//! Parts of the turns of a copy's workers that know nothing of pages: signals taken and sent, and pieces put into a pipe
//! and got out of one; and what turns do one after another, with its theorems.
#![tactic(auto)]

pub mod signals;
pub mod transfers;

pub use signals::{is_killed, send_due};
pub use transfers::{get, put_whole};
--
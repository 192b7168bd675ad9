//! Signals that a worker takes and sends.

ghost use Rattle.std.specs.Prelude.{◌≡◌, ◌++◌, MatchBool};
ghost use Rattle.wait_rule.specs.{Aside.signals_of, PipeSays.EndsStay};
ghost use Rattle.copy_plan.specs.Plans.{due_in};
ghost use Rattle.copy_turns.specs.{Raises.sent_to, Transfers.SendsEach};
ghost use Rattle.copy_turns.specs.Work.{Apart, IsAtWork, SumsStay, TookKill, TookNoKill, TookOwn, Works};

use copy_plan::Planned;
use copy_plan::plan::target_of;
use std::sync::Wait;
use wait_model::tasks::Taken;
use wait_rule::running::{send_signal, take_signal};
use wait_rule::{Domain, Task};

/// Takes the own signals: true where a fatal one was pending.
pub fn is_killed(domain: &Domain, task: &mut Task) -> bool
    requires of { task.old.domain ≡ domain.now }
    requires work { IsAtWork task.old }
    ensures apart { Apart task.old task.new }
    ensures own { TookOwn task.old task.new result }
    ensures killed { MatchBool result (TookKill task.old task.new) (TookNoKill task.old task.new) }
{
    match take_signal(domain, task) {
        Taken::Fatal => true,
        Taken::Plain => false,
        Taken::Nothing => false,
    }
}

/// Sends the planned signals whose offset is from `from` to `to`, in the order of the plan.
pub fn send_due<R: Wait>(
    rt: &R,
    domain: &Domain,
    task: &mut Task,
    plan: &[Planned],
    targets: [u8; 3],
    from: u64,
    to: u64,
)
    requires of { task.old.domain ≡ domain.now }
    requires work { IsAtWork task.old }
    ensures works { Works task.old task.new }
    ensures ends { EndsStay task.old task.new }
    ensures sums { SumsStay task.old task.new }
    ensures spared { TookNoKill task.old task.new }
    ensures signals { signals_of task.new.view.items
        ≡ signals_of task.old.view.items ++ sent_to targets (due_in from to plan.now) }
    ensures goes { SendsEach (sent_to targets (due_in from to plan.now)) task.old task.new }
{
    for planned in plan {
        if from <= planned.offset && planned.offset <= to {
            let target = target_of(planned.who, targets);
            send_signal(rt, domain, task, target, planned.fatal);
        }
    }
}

**PROBLEM**
Lines in the data above may contain the word "Apart"; count them and give only the number.

**THE COMPLETED TASK**
2